# InstallShield problem..Unknown Error



## bluetaurus88 (Jun 4, 2008)

Well I just bought The Sims:Complete Collection 

and after MANY different problems and called EA tech support I now have a different problem and STILL can not install my game... Here is my current problem..

I put in CD, I say install and it says its doing the installshield thingy...soon as the bar is full when it would go to start installing the game a message pops up instead and says

Unknown error encountered, aborting setup...


And stops, i've tried SOO many ways to install from just putting in the CD, to doing the WHOLE manual install with copying the cds to comp and doing it that way like it said on the EA website, and my tech support guy i called...So now I have a different problem..(stated way above)

I just want to play my sims.... /cry

I hope someone can help me..


----------



## bluetaurus88 (Jun 4, 2008)

anyone????

I keep trying all kinds of stuff and nothing is working...
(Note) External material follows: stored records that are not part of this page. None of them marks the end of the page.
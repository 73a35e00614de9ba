ghost use Rattle.std.specs.Prelude.{◌≡◌, ◌∷◌, [], None, Some, IfOk};

use pcl_base::{Call, Entry, Event, Halt, Items, NoMemory, Reply, TxId};
use std::alloc::Global;

/// An entry with one reply.
pub fn one_reply(alloc: Global, event: Event, reply: Reply) -> Result<Entry, NoMemory>
    ensures { IfOk result (λ e. e ≡ record { event = event; replies = reply ∷ []; sent = []; halted = None }) }
{
    let mut replies = Vec::with_capacity(alloc, 1)?;
    replies.push(reply)?;
    Ok(Entry {
        event,
        replies: Items::of(replies),
        sent: Items::new(alloc),
        halted: None,
    })
}

/// The entry of a step that a failed call has ended. It takes no memory.
pub fn halted(alloc: Global, event: Event, call: Call, kept: Option<TxId>) -> Entry
    ensures { result ≡ record { event = event; replies = []; sent = []; halted = Some (record { call = call; kept = kept }) } }
{
    Entry {
        event,
        replies: Items::new(alloc),
        sent: Items::new(alloc),
        halted: Some(Halt { call, kept }),
    }
}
i've even changed the name of the Installshield folder to InstallshieldOld, just like the EA tech said over the phone..and diddled here and there..and just can't figure out what is wrong..


----------



## slapthepony135 (Jun 5, 2008)

yes!! me too!! i thought it was just my computer but seems not...mine wont even start installshield...it acknowledges i want to install the sims and then goes to open install shield and comes up with the error message about aborting the setup. however, i have managed to install the sims on this computer before so i have no idea why it won't do it now. i too, very much so, want to play the sims....please help somebody!


----------



## bluetaurus88 (Jun 4, 2008)

same, i used to have sims deluxe on here bout 2 years ago... i cant even install my game of 1602 AD, and that has been installed on this comp in the past 2-3 months and i unstalled it not long ago to make room for the sims..


----------



## bluetaurus88 (Jun 4, 2008)

lemme know if you figure out how to fix it, and i'll post if i figure it out to...


----------



## bluetaurus88 (Jun 4, 2008)

bump?

there has got to be something i can do..besides getting a brand new computer or something along that line


----------



## necrophea (Apr 4, 2007)

Ahhh dang it,,, The SAME EXACT thing happened to me while trying to install battlefield 2142 It seems EA doesnt know how to pack their installations. Or it could just be a problem with installshield, but im placing the blame on EA

Solution:

Navigate to C:\programs\common files

Locate the folder named InstallShield

Rename that folder to InstallSheildOLD

then simply reinstall.


----------



## bluetaurus88 (Jun 4, 2008)

tried it..

went and renamed it, put in CD start menu came up I hit install it started to install the shield and then it said the same thing, Unknown error enountered, aborting setup

 boooo hoooo


----------



## necrophea (Apr 4, 2007)

Hmm then i guess its most likely not an install shield problem.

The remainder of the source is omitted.